Strauss Zelnick, the CEO of Take-Two said in a recent interview, “All of our tools do help us become more efficient…that said, it’s going to become commoditized. Everyone is going to have access to the same tools. That is the history of toolsets. What it means, though, is our creative people will be able to do fewer mundane tasks and turn their attention to the really creative tasks,” he said. “The machines can’t make the creative decisions for you” (Gizmodo). Tools are accelerants, not replacements for creativity.

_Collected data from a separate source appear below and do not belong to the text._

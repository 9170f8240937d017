//! Scan.

ghost use Rattle.std.specs.Prelude.{◌≡◌, ◌||◌, ◌+◌, ◌^◌, ◌<◌, ◌≤◌, [], false, None, IfOk, IfSome, OnOk, option_map};
ghost use Rattle.serde_json.specs.View.{members_view};
ghost use Rattle.alt_machine.specs.Lists.{is_mismatched};
ghost use Rattle.alt_machine.specs.Ops.Scan as machine;
ghost use Rattle.alt_machine.specs.Ops.Scan.{scan, is_segment_odd};
ghost use Rattle.alt_machine.specs.Sources.{index_at};
ghost use Rattle.alt_machine.specs.State.{State};
ghost use Rattle.alt_ops_query.specs.PageReads.{ReadsScan};
ghost use Rattle.alt_ops_query.specs.private.Asked.{Segments};
ghost use Rattle.alt_ops_query.specs.private.Tokens.{machine_segment, first_token, token_bytes, end_token};
ghost use Rattle.alt_request.specs.Carried.{Carries, Moves};
ghost use Rattle.alt_request.specs.TablesStands.{AreReady, Reads, Stands, bounds_of};
ghost use Rattle.alt_views.specs.Readable.{CanRead};

use crate::pages::page_of_range;
use crate::places::{beyond, walk_start};
use crate::selecting::is_mismatched;
use crate::sources::index_of;
use alt_base::NoMemory;
use alt_disk::Disk;
use alt_fields::Bytes;
use alt_keyorder::KeyRange;
use alt_request::{ListTarget, Rules, Stop, Tables, Texts, list_target};
use alt_schema::TableSchema;
use alt_shape::{Reply, bodies, whole_at};
use alt_value::Item;
use serde_json::{Map, Value};
use std::alloc::Global;

static RULES: Rules = Rules {
    legacy: &["ScanFilter", "AttributesToGet"],
    texts: &["FilterExpression", "ProjectionExpression"],
    joined: &["ScanFilter"],
    named: &["TableName", "IndexName"],
};

/// How many tokens there are.
const TOKENS: u128 = 18_446_744_073_709_551_616;

/// One of so many segments, numbered from 0.
#[derive(Clone, Copy)]
struct Segment {
    number: u64,
    total: u64,
}

/// Answers a page of all items of a table or of one of its indexes, or of one segment of them, in the order of their places (API
/// Reference, "Scan"). The refusals are those of docs/API.md.
pub fn scan<D: Disk>(
    alloc: Global,
    tables: &mut Tables,
    disk: &mut D,
    body: &Map<String, Value>,
    moment: u64,
) -> Result<Reply, Stop>
    requires ready { AreReady (D.state disk.old) tables.old }
    ensures carried { Carries (bounds_of tables.old).file
        (λ s. scan s (members_view body.now.entries))
        (Stands (D.state disk.old) tables.old) (Stands (D.state disk.new) tables.new) result }
    ensures limits { bounds_of tables.new ≡ bounds_of tables.old }
    ensures moves { Moves (λ s. scan s (members_view body.now.entries))
        (Stands (D.state disk.old) tables.old) (D.state disk.old) (D.state disk.new) result }
    ensures disk { Reads (D.state disk.old) (D.state disk.new) }
    // The device is read no more often than the row files and the versions in them that the page passes ask for.
    ensures reads { (s : State) → Stands (D.state disk.old) tables.old s
        → OnOk result (ReadsScan s (members_view body.now.entries) (D.state disk.old)
        (D.state disk.new)) }
{
    let _ = moment;
    let broken = bodies::scan(body);
    let mismatched = are_odd(body);
    let target = list_target(
        alloc,
        tables,
        body,
        broken,
        mismatched,
        &RULES,
        &Texts::SCANNING,
    )?;
    let ListTarget {
        schema,
        index,
        start,
        said,
    } = target;
    let segment = segment_of(body);
    match segment_range(alloc, schema, index, segment, &start) {
        Ok(range) => page_of_range(alloc, tables, disk, body, said, index, range, true),
        Err(stop) => {
            drop(said);
            Err(stop)
        }
    }
}

/// Whether members of a body don't go together.
fn are_odd(body: &Map<String, Value>) -> bool
    ensures odd { result ≡ (is_mismatched (members_view body.now.entries)
        || is_segment_odd (members_view body.now.entries)) }
{
    is_mismatched(body) || is_segment_odd(body)
}

/// Whether Segment and TotalSegments don't stand together, or the segment isn't one of so many.
fn is_segment_odd(body: &Map<String, Value>) -> bool
    ensures { result ≡ is_segment_odd (members_view body.now.entries) }
{
    match (whole_at(body, "Segment"), whole_at(body, "TotalSegments")) {
        (None, None) => false,
        (Some(number), Some(total)) => number >= total,
        _ => true,
    }
}

/// The segment that is asked for, if one is.
fn segment_of(body: &Map<String, Value>) -> Option<Segment>
    ensures segment { is_segment_odd (members_view body.now.entries) ≡ false
        → option_map machine_segment result ≡ machine.segment_of (members_view body.now.entries) }
    ensures below { IfSome result (λ s. s.number < s.total) }
{
    match (whole_at(body, "Segment"), whole_at(body, "TotalSegments")) {
        (Some(number), Some(total)) if number < total => Some(Segment { number, total }),
        _ => None,
    }
}

/// The places of the items of a segment, or of all items, in the table or in its index of that number, beyond the start key, if one is
/// given.
fn segment_range(
    alloc: Global,
    schema: &TableSchema,
    number: Option<usize>,
    segment: Option<Segment>,
    start: &Option<Item>,
) -> Result<KeyRange, Stop>
    requires below { IfSome segment (λ s. s.number < s.total) }
    requires index { IfSome number (λ n. CanRead schema.now n) }
    ensures segments { Segments schema.now (index_at schema.now number)
        (option_map machine_segment segment) start.now result }
{
    let place = walk_start(alloc, schema, index_of(schema, number), None, start)?;
    let range = match segment {
        Some(segment) => tokens_of(alloc, segment)?,
        None => whole_range(alloc),
    };
    Ok(beyond(alloc, range, place, true)?)
}

/// All places.
fn whole_range(alloc: Global) -> KeyRange
    ensures from { result.from ≡ [] }
    ensures to { result.to ≡ None }
{
    KeyRange {
        from: Bytes::from_vec(Vec::new(alloc)),
        to: None,
    }
}

/// The places whose tokens are in a segment.
fn tokens_of(alloc: Global, segment: Segment) -> Result<KeyRange, NoMemory>
    requires below { segment.number < segment.total }
    ensures tokens { IfOk result
        (λ r. (r.from ≡ token_bytes (first_token segment.number segment.total))
        × (r.to ≡ end_token (first_token (segment.number + 1) segment.total))) }
    ensures few { segment.total ≤ 2 ^ 64 }
{
    let Segment { number, total } = segment;
    let from = first_token(number, total) as u64;
    let to = match u64::try_from(first_token(number + 1, total)) {
        Ok(token) => Some(token_bytes(alloc, token)?),
        Err(_) => None,
    };
    Ok(KeyRange {
        from: token_bytes(alloc, from)?,
        to,
    })
}

/// The least number that, times `total` and divided by 2^64, is at least `number`: the first token of a segment. That of the segment
/// behind the last is 2^64.
fn first_token(number: u64, total: u64) -> u128
    requires below { number ≤ total }
    requires some { 0 < total }
    ensures first { result ≡ first_token number total }
    ensures fits { number < total → result < 2 ^ 64 }
{
    let total = u128::from(total);
    (u128::from(number) * TOKENS + (total - 1)) / total
}

fn token_bytes(alloc: Global, token: u64) -> Result<Bytes, NoMemory>
    ensures bytes { IfOk result (λ b. b ≡ token_bytes token) }
{
    Bytes::new(alloc, &token.to_be_bytes())
}
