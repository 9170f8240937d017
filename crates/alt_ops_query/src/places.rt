//! Where a walk starts: the place of a start key, and the part of a range beyond it.

ghost use Rattle.std.specs.Prelude.{◌≡◌, true, Some, None, IfOk, option_map};
ghost use Rattle.std.specs.Option.{option_map_or};
ghost use Rattle.alt_machine.specs.Lists as machine;
ghost use Rattle.alt_ops_query.specs.private.Ranges.{IsBeyond, IsLesser};
ghost use Rattle.alt_request.specs.Steps.{Comes};
ghost use Rattle.alt_expr.specs.Holds.{equal as same};
ghost use Rattle.alt_value.specs.Item.{at_name};
ghost use Rattle.alt_value.specs.Stands.{tree_of};

use crate::sources::hash_of;
use alt_base::NoMemory;
use alt_fields::Bytes;
use alt_keyorder::KeyRange;
use alt_request::Stop;
use alt_schema::{IndexSchema, KeyAttr, TableSchema};
use alt_shape::Refusal;
use alt_value::{Attr, Item, equal};
use alt_views::start_place;
use std::alloc::Global;

/// The place of the key to start after, if one is given. It has the key attributes of the table, and of the index that is read, if one is,
/// and no others, each of its kind, and the HASH value that is asked for, where one is.
pub(crate) fn walk_start(
    alloc: Global,
    schema: &TableSchema,
    index: Option<&IndexSchema>,
    hash: Option<&Attr>,
    start: &Option<Item>,
) -> Result<Option<Bytes>, Stop>
    ensures start { Comes (λ place. place) (machine.walk_start schema.now
        (option_map (λ i. i.now) index.entry) (option_map (λ a. a.now) hash.entry) start.now)
        result }
{
    let Some(key) = start else {
        return Ok(None);
    };
    let Some(place) = start_place(alloc, schema, index, key)? else {
        return Err(Stop::Refused(Refusal::BAD_START_KEY));
    };
    if !has_hash(hash_of(schema, index), hash, key) {
        return Err(Stop::Refused(Refusal::BAD_START_KEY));
    }
    Ok(Some(place))
}

/// Whether a start key has the HASH value that is asked for, where one is.
fn has_hash(attribute: &KeyAttr, hash: Option<&Attr>, key: &Item) -> bool
    ensures { result ≡ option_map_or
        (λ v. same (at_name attribute.now.name key.now) (Some (tree_of v)))
        (option_map (λ a. a.now) hash.entry) true }
{
    let Some(hash) = hash else {
        return true;
    };
    match key.get(attribute.name.as_str()) {
        Some(value) => equal(value, hash),
        None => false,
    }
}

/// The part of a range strictly beyond a place, in the direction of a walk; all of it where there is none.
#[tactic(auto, using(crate::proofs::Beyond::beyond_none, crate::proofs::Beyond::beyond_end))]
pub(crate) fn beyond(
    alloc: Global,
    range: KeyRange,
    place: Option<Bytes>,
    forward: bool,
) -> Result<KeyRange, NoMemory>
    ensures beyond { IfOk result (λ r. IsBeyond forward place range.from range.to r.from r.to) }
{
    let Some(place) = place else {
        return Ok(range);
    };
    if forward {
        return from_behind(alloc, range, place.as_slice());
    }
    let KeyRange { from, to } = range;
    Ok(KeyRange {
        from,
        to: Some(earlier(to, place)),
    })
}

/// The part of a range above a place.
#[tactic(auto, using(crate::proofs::Beyond::beyond_above, crate::proofs::Beyond::beyond_after))]
fn from_behind(alloc: Global, range: KeyRange, place: &[u8]) -> Result<KeyRange, NoMemory>
    ensures { IfOk result (λ r. IsBeyond true (Some place.now) range.from range.to r.from r.to) }
{
    let KeyRange { from, to } = range;
    if from.as_slice().cmp(place).is_gt() {
        return Ok(KeyRange { from, to });
    }
    let mut above = Vec::from_slice(alloc, place)?;
    above.push(0)?;
    Ok(KeyRange {
        from: Bytes::from_vec(above),
        to,
    })
}

/// The lesser of an end, if there is one, and a place.
#[tactic(auto, using(crate::proofs::Beyond::lesser_end, crate::proofs::Beyond::lesser_place, crate::proofs::Beyond::lesser_alone))]
fn earlier(end: Option<Bytes>, place: Bytes) -> Bytes
    ensures { IsLesser end place result }
{
    match end {
        Some(end) if end.as_slice().cmp(place.as_slice()).is_lt() => end,
        _ => place,
    }
}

We are bullish on the long-term benefit that developers will have from these tools, and are excited about the pace of development that we are seeing in the industry. However, at the core of the the AI technology suite is a powerful platform to support game developers, it will not be the saving grace for mediocre content. Attracting a sustainable player base is one of the hardest feats for any developer; there are over ten thousand games being released every year on Steam alone (Statista).
Takeaway: The rapid advancements in AI are exciting and will benefit the efficiency and creative output of all industries, not just gaming. Companies focused on development tools, unique content, and democratization of creativity will help gaming companies save money and spur innovation. Although technical challenges still remain, we believe that these tools have the capabilities to elevate game creation.